HUG2000 abstract : Saeri Lee

Logical Processor Reordering Toward

Efficient GEN_BLOCK Redistribution

Saeri Lee, Hyun-Gyoo Yook, Mi-Soon Koo and Myong-Soon Park

Dept. of Computer Science & Engineering, Korea University,

Sungbuk-ku, Seoul 136-701, Korea

{saeri, hyun, kms, myongsp}@iLab.korea.ac.kr

Abstract

Many data parallel programming languages, such as High Performance Fortran(HPF), Fortran D, Vienna Fortran, and High Performance C(HPC), provide compiler directives for programmers to specify array distribution. The “generalized” block distribution, GEN_BLOCK, which is supported in High Performance Fortran version 2, allows contiguous segments of an array, of possibly unequal sizes, to be mapped onto processors and is therefore useful for solving load balancing problems.

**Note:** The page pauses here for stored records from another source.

//! Which asks are refused, and with which number.
ghost use Rattle.std.specs.Prelude.{◌≡◌, ◌==◌, ◌&&◌, ◌||◌, not, ◌-◌, ◌^◌, is_none, option_and_then, find, length};
ghost use Rattle.std.specs.Prelude.{nat_lt, nat_le};
ghost use Rattle.std.specs.List.{list_any};
ghost use Rattle.jlr_types.specs.declared.Refusal.TheVariants.{NoHandle, HandlesFull, WrongKind, NoField, WrongType};
ghost use Rattle.jlr_types.specs.declared.Refusal.TheVariants.{NoName, NamesFull, Busy, NoSession};
ghost use Rattle.jlr_types.specs.declared.FieldKind.TheVariants.{Int};
ghost use Rattle.jlr_machine.specs.Objects.{at, some_and, is_spent};
ghost use Rattle.jlr_machine.specs.Lookups.{resource_at, job_of, cleanable_at, guard_named, field_named};
ghost use Rattle.jlr_machine.specs.Lookups.{has_free_handle};
ghost use Rattle.jlr_machine.specs.Refusals.{is_in_flight, is_opening, is_out_call, is_out_state, is_joined, has_call};
ghost use Rattle.jlr_machine.specs.Refusals.{names_no_object, is_wrongly_null, is_of_wrong_kind, is_closed};
ghost use Rattle.jlr_machine.specs.Refusals.{guard_is_closed, is_out, resource_is_out, no_such_call, holds, asker};
ghost use Rattle.jlr_machine.specs.Refusals.{operands, needs_handle, applies, refusal};
ghost use Rattle.jlr_plain_asks.specs.Fits.{test_of, operand_of, operands_in};

use crate::given::given_by;
use crate::lookups::{
    bound_slot, cleanable_in, guarded_cleanable, handle_is_free, named_field, named_guard,
    named_object, named_slot, resource_with, running_job, session_of,
};
use crate::operands::{FieldNamed, Fit, Named, Operands, field_of_ask, name_of, operands_of};
use jlr_machine::ask::{Ask, CLEANER};
use jlr_machine::machine::{Call, Job, Machine, ResourceState};
use jlr_machine::object::{CleanState, Contents, Object};
use jlr_types::{ActionNo, FieldKind, FieldValue, Handle, Mutator, Refusal, Slot};

/// The most names.
const NAMES: usize = 256;

fn fits(fit: Fit, object: &Object) -> bool
    ensures { result ≡ test_of fit object.now }
{
    match fit {
        Fit::Any => true,
        Fit::Plain => matches!(object, Object::Plain(_)),
        Fit::Record => matches!(object, Object::Plain(Contents::Typed(_))),
        Fit::Reference => matches!(object, Object::Reference(_)),
        Fit::Queue => matches!(object, Object::Queue(_)),
        Fit::Cleaner => matches!(object, Object::Cleaner),
        Fit::Cleanable => matches!(object, Object::Cleanable(_)),
        Fit::Guard => matches!(object, Object::Guard(_)),
    }
}

// ---- Sessions and calls

fn joined(machine: &Machine, mutator: Mutator) -> bool
    ensures { result ≡ is_joined machine.now mutator }
{
    session_of(machine, mutator).is_some()
}

fn in_flight(call: Call) -> bool
    ensures { result ≡ is_in_flight call }
{
    match call {
        Call::Free => false,
        Call::Opening(_) => true,
        Call::Out(_) => true,
        Call::Job(_) => true,
    }
}

fn calling(machine: &Machine, mutator: Mutator) -> bool
    ensures { result ≡ has_call machine.now mutator }
{
    match session_of(machine, mutator) {
        Some(session) => in_flight(session.call),
        None => false,
    }
}

fn cannot_join(machine: &Machine, mutator: Mutator) -> bool
    ensures { result ≡ (is_joined machine.now mutator || not (nat_lt mutator (length machine.now.mutators))) }
{
    joined(machine, mutator) || mutator.number() as usize >= machine.mutators.len()
}

fn not_joined(machine: &Machine, mutator: Option<Mutator>) -> bool
    ensures { result ≡ some_and (λ k. not (is_joined machine.now k)) mutator }
{
    match mutator {
        Some(mutator) => !joined(machine, mutator),
        None => false,
    }
}

fn lacks_session(machine: &Machine, ask: &Ask) -> bool
    ensures { result ≡ applies machine.now ask.now NoSession }
{
    match ask {
        Ask::Join { mutator } => cannot_join(machine, *mutator),
        _ => not_joined(machine, ask.asker()),
    }
}

// ---- Handles

fn missing(machine: &Machine, mutator: Mutator, named: Named) -> bool
    ensures { result ≡ names_no_object machine.now mutator (operand_of named) }
{
    named.handle.number() != 0 && named_slot(machine, mutator, named.handle).is_none()
}

fn any_missing(machine: &Machine, mutator: Mutator, operands: Operands) -> bool
    ensures { result ≡ list_any (names_no_object machine.now mutator) (operands_in operands) }
{
    match operands {
        Operands::Nothing => false,
        Operands::One(x) => missing(machine, mutator, x),
        Operands::Two(x, y) => missing(machine, mutator, x) || missing(machine, mutator, y),
    }
}

fn lacks_object(machine: &Machine, ask: &Ask) -> bool
    ensures { result ≡ applies machine.now ask.now NoHandle }
{
    match ask.asker() {
        Some(mutator) => any_missing(machine, mutator, operands_of(ask)),
        None => false,
    }
}

fn wrongly_null(named: Named) -> bool
    ensures { result ≡ is_wrongly_null (operand_of named) }
{
    named.handle.number() == 0 && !named.may_be_null
}

fn any_null(operands: Operands) -> bool
    ensures { result ≡ list_any is_wrongly_null (operands_in operands) }
{
    match operands {
        Operands::Nothing => false,
        Operands::One(x) => wrongly_null(x),
        Operands::Two(x, y) => wrongly_null(x) || wrongly_null(y),
    }
}

fn is_null(ask: &Ask) -> bool
    ensures { result ≡ list_any is_wrongly_null (operands ask.now) }
{
    any_null(operands_of(ask))
}

fn wrong(machine: &Machine, mutator: Mutator, named: Named) -> bool
    ensures { result ≡ is_of_wrong_kind machine.now mutator (operand_of named) }
{
    match named_object(machine, mutator, named.handle) {
        Some(object) => !fits(named.fit, object),
        None => false,
    }
}

fn any_wrong(machine: &Machine, mutator: Mutator, operands: Operands) -> bool
    ensures { result ≡ list_any (is_of_wrong_kind machine.now mutator) (operands_in operands) }
{
    match operands {
        Operands::Nothing => false,
        Operands::One(x) => wrong(machine, mutator, x),
        Operands::Two(x, y) => wrong(machine, mutator, x) || wrong(machine, mutator, y),
    }
}

fn is_wrong_kind(machine: &Machine, ask: &Ask) -> bool
    ensures { result ≡ applies machine.now ask.now WrongKind }
{
    match ask.asker() {
        Some(mutator) => any_wrong(machine, mutator, operands_of(ask)),
        None => false,
    }
}

// ---- Fields

fn field_missing(machine: &Machine, mutator: Mutator, named: Option<FieldNamed>) -> bool
    ensures { result ≡ some_and (λ x. is_none (field_named machine.now mutator x.object x.field)) named }
{
    match named {
        Some(x) => named_field(machine, mutator, x.object, x.field).is_none(),
        None => false,
    }
}

fn lacks_field(machine: &Machine, ask: &Ask) -> bool
    ensures { result ≡ applies machine.now ask.now NoField }
{
    match ask.asker() {
        Some(mutator) => field_missing(machine, mutator, field_of_ask(ask)),
        None => false,
    }
}

fn int_held(value: FieldValue) -> bool
    ensures { result ≡ holds Int value }
{
    match value {
        FieldValue::Int(_) => true,
        FieldValue::Ref(_) => false,
    }
}

fn held_as(kind: FieldKind, value: FieldValue) -> bool
    ensures { result ≡ holds kind value }
{
    match kind {
        FieldKind::Int => int_held(value),
        FieldKind::Ref => !int_held(value),
    }
}

fn wrong_at(machine: &Machine, mutator: Mutator, x: FieldNamed) -> bool
    ensures { result ≡ some_and (λ v. not (holds x.kind v)) (field_named machine.now mutator x.object x.field) }
{
    match named_field(machine, mutator, x.object, x.field) {
        Some(value) => !held_as(x.kind, value),
        None => false,
    }
}

fn field_wrong(machine: &Machine, mutator: Mutator, named: Option<FieldNamed>) -> bool
    ensures { result ≡ some_and (λ x. some_and (λ v. not (holds x.kind v))
        (field_named machine.now mutator x.object x.field)) named }
{
    match named {
        Some(x) => wrong_at(machine, mutator, x),
        None => false,
    }
}

fn is_wrong_type(machine: &Machine, ask: &Ask) -> bool
    ensures { result ≡ applies machine.now ask.now WrongType }
{
    match ask.asker() {
        Some(mutator) => field_wrong(machine, mutator, field_of_ask(ask)),
        None => false,
    }
}

// ---- Names

fn lacks_name(machine: &Machine, ask: &Ask) -> bool
    ensures { result ≡ applies machine.now ask.now NoName }
{
    match name_of(ask) {
        Some(name) => bound_slot(machine.names.as_slice(), name.as_slice()).is_none(),
        None => false,
    }
}

fn names_are_full(machine: &Machine, ask: &Ask) -> bool
    ensures { result ≡ applies machine.now ask.now NamesFull }
{
    lacks_name(machine, ask) && machine.names.len() >= NAMES
}

// ---- Resources

pub(crate) fn is_spent_state(state: CleanState) -> bool
    ensures { result ≡ is_spent state }
{
    match state {
        CleanState::Spent => true,
        CleanState::Armed => false,
        CleanState::Pending => false,
        CleanState::Lined => false,
    }
}

fn spent_at(machine: &Machine, slot: Slot) -> bool
    ensures { result ≡ some_and (λ c. is_spent c.state) (cleanable_at machine.now slot) }
{
    match cleanable_in(machine, slot) {
        Some(cleanable) => is_spent_state(cleanable.state),
        None => false,
    }
}

fn closed(machine: &Machine, mutator: Mutator, guard: Handle) -> bool
    ensures { result ≡ is_closed machine.now mutator guard }
{
    match guarded_cleanable(machine, mutator, guard) {
        Some(slot) => spent_at(machine, slot),
        None => false,
    }
}

fn guard_closed(machine: &Machine, ask: &Ask) -> bool
    ensures { result ≡ guard_is_closed machine.now ask.now }
{
    match ask {
        Ask::CheckOut { mutator, guard } => closed(machine, *mutator, *guard),
        _ => false,
    }
}

fn is_out_now(state: ResourceState) -> bool
    ensures { result ≡ is_out_state state }
{
    match state {
        ResourceState::Out => true,
        ResourceState::Opening => false,
        ResourceState::Idle => false,
        ResourceState::Closing => false,
    }
}

fn guarded_out(machine: &Machine, mutator: Mutator, guard: Handle) -> bool
    ensures { result ≡ some_and (λ r. is_out_state r.state)
        (option_and_then (λ g. resource_at machine.now g.rid) (guard_named machine.now mutator guard)) }
{
    let Some(guard) = named_guard(machine, mutator, guard) else {
        return false;
    };
    match resource_with(machine, guard.rid) {
        Some(resource) => is_out_now(resource.state),
        None => false,
    }
}

fn out(machine: &Machine, mutator: Mutator, guard: Handle) -> bool
    ensures { result ≡ is_out machine.now mutator guard }
{
    !closed(machine, mutator, guard) && guarded_out(machine, mutator, guard)
}

fn resource_out(machine: &Machine, ask: &Ask) -> bool
    ensures { result ≡ resource_is_out machine.now ask.now }
{
    match ask {
        Ask::CheckOut { mutator, guard } => out(machine, *mutator, *guard),
        Ask::Close { mutator, guard } => out(machine, *mutator, *guard),
        _ => false,
    }
}

// ---- Busy

fn cleaner_runs(jobs: &[Job]) -> bool
    ensures { result ≡ list_any (λ job. job.by == 255) jobs.now }
{
    jobs.iter().any(|job| job.by == CLEANER)
}

fn asker_calls(machine: &Machine, ask: &Ask) -> bool
    ensures { result ≡ some_and (has_call machine.now) (asker ask.now) }
{
    match ask.asker() {
        Some(mutator) => calling(machine, mutator),
        None => false,
    }
}

fn is_busy(machine: &Machine, ask: &Ask) -> bool
    ensures { result ≡ applies machine.now ask.now Busy }
{
    match ask {
        Ask::TakeUp => cleaner_runs(machine.jobs.as_slice()),
        _ => resource_out(machine, ask) || asker_calls(machine, ask),
    }
}

// ---- Ends of calls

fn opening(call: Call) -> bool
    ensures { result ≡ is_opening call }
{
    match call {
        Call::Opening(_) => true,
        _ => false,
    }
}

fn out_call(call: Call) -> bool
    ensures { result ≡ is_out_call call }
{
    match call {
        Call::Out(_) => true,
        _ => false,
    }
}

fn has_opening(machine: &Machine, mutator: Mutator) -> bool
    ensures { result ≡ some_and (λ s. is_opening s.call) (at machine.now.mutators mutator) }
{
    match session_of(machine, mutator) {
        Some(session) => opening(session.call),
        None => false,
    }
}

fn has_out_call(machine: &Machine, mutator: Mutator) -> bool
    ensures { result ≡ some_and (λ s. is_out_call s.call) (at machine.now.mutators mutator) }
{
    match session_of(machine, mutator) {
        Some(session) => out_call(session.call),
        None => false,
    }
}

fn runs_job(machine: &Machine, by: u8, action: ActionNo) -> bool
    ensures { result ≡ some_and (λ job. job.by == by) (job_of machine.now action) }
{
    match running_job(machine, action) {
        Some(job) => job.by == by,
        None => false,
    }
}

fn lacks_call(machine: &Machine, ask: &Ask) -> bool
    ensures { result ≡ no_such_call machine.now ask.now }
{
    match ask {
        Ask::Opened { mutator, .. } => !has_opening(machine, *mutator),
        Ask::CheckIn { mutator, .. } => !has_out_call(machine, *mutator),
        Ask::Finish { by, action, .. } => !runs_job(machine, *by, *action),
        _ => false,
    }
}

// ---- Room

fn wants_handle(machine: &Machine, ask: &Ask) -> bool
    ensures { result ≡ needs_handle machine.now ask.now }
{
    ask.cells() > 0 || given_by(machine, ask).is_some()
}

fn no_handle_free(machine: &Machine, ask: &Ask) -> bool
    ensures { result ≡ some_and (λ k. not (has_free_handle machine.now k)) (asker ask.now) }
{
    match ask.asker() {
        Some(mutator) => !handle_is_free(machine, mutator),
        None => false,
    }
}

fn handles_are_full(machine: &Machine, ask: &Ask) -> bool
    ensures { result ≡ applies machine.now ask.now HandlesFull }
{
    wants_handle(machine, ask) && no_handle_free(machine, ask)
}

fn resources_are_full(machine: &Machine) -> bool
    ensures { result ≡ nat_le machine.now.resource_limit (length machine.now.resources) }
{
    machine.resources.len() >= machine.resource_limit as usize
}

fn is_exhausted(machine: &Machine) -> bool
    ensures { result ≡ nat_le (2 ^ 64 - 1) machine.now.next_action }
{
    machine.next_action == u64::MAX
}

// ---- All together

/// Whether the condition of a refusal holds.
fn condition_holds(machine: &Machine, ask: &Ask, by: Refusal) -> bool
    ensures { result ≡ applies machine.now ask.now by }
{
    match by {
        Refusal::NoSession => lacks_session(machine, ask),
        Refusal::NoHandle => lacks_object(machine, ask),
        Refusal::Null => is_null(ask),
        Refusal::WrongKind => is_wrong_kind(machine, ask),
        Refusal::NoField => lacks_field(machine, ask),
        Refusal::WrongType => is_wrong_type(machine, ask),
        Refusal::NoName => lacks_name(machine, ask),
        Refusal::Closed => guard_closed(machine, ask),
        Refusal::Busy => is_busy(machine, ask),
        Refusal::NotOut => lacks_call(machine, ask),
        Refusal::WouldWait => given_by(machine, ask).is_none(),
        Refusal::HandlesFull => handles_are_full(machine, ask),
        Refusal::NamesFull => names_are_full(machine, ask),
        Refusal::ResourcesFull => resources_are_full(machine),
        Refusal::Exhausted => is_exhausted(machine),
        Refusal::HeapFull => false,
        Refusal::NoMemory => false,
        Refusal::Malformed => false,
        Refusal::TooLong => false,
    }
}

/// The first of these whose condition holds.
fn first_holding(machine: &Machine, ask: &Ask, refusals: &[Refusal]) -> Option<Refusal>
    ensures { result ≡ find (applies machine.now ask.now) refusals.now }
{
    for by in refusals {
        if condition_holds(machine, ask, *by) {
            return Some(*by);
        }
    }
    None
}

/// The refusal that an ask meets, if any.
pub fn refusal_plain(machine: &Machine, ask: &Ask) -> Option<Refusal>
    ensures { result ≡ refusal machine.now ask.now }
{
    first_holding(machine, ask, ask.kind().refusals())
}
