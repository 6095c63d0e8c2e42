//! Which answer an ask gets, computed as the definitions say it, without memory.

pub mod answers;
pub mod handing;
pub mod replies;
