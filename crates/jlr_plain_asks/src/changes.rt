//! What an ask that is not refused leaves, written where the machine lies.
//!
//! Each change is the definition's. What it takes memory for is made before the first change.

pub mod after;
pub mod calls;
pub mod lists;
pub mod making;
pub mod objects;
pub mod queues;
pub mod sessions;
pub mod takes;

The array redistribution problem has recently received considerable attention. This interest is motivated largely by the HPF programming style, in which science applications are decomposed into phases. At each phase, there is an optimal distribution of the arrays onto the processor grid. Because the optimal distribution changes from phase to phase, the array redistribution is a critical operation. Since current GEN_BLOCK distribution may not be effective for dynamic load balancing at the next time, the redistribution between different GEN_BLOCKs is necessary.

The use of data redistribution represents a performance tradeoff between the expected higher efficiency of a new distribution for subsequent computation and the communication cost of redistributing the data among processor memories. Consequently, minimizing the execution time of data redistribution has obvious merit. Reducing the amount of data exchanged among processor memories is one possible way of reducing overall redistribution execution time.

This paper proposes logical processor reordering for minimizing the communication cost of redistributing the data among processor memories in the GEN_BLOCK redistribution. The aim of this study is to reduce overall redistribution execution time by causing an increasing amount of data to remain on the same processor after redistribution. The data remaining on the same processor following redistribution is called a Data Hit. This eliminates the exchange of data elements among processors. Another advantage is that Data Hits reduce the number of destination processors. Each of these factors reduces interprocessor communication overhead. This paper focuses on increasing the number and size of Data Hits. We propose three algorithms for logical processor reordering. The first one reorders the logical processors to increase Data Hits regardless of the message sizes exchanged. The second one enlarges the message size of Data Hits. The third one increases the number and size of Data Hits by combining the two algorithms.

Various experiments on CRAY T3E were performed to evaluate the proposed algorithms and compare typical GEN_BLOCK redistribution, which does not reorder logical processor numbers. MPI primitives were used for interprocessor communication. According to the experiments, Number_Oriented algorithm shows better performance than Size_Oriented algorithm, and Numsize_Oriented algorithm shows the best performance of the three algorithms. The logical processor reordering algorithms were found to perform better than typical GEN_BLOCK redistribution in all cases.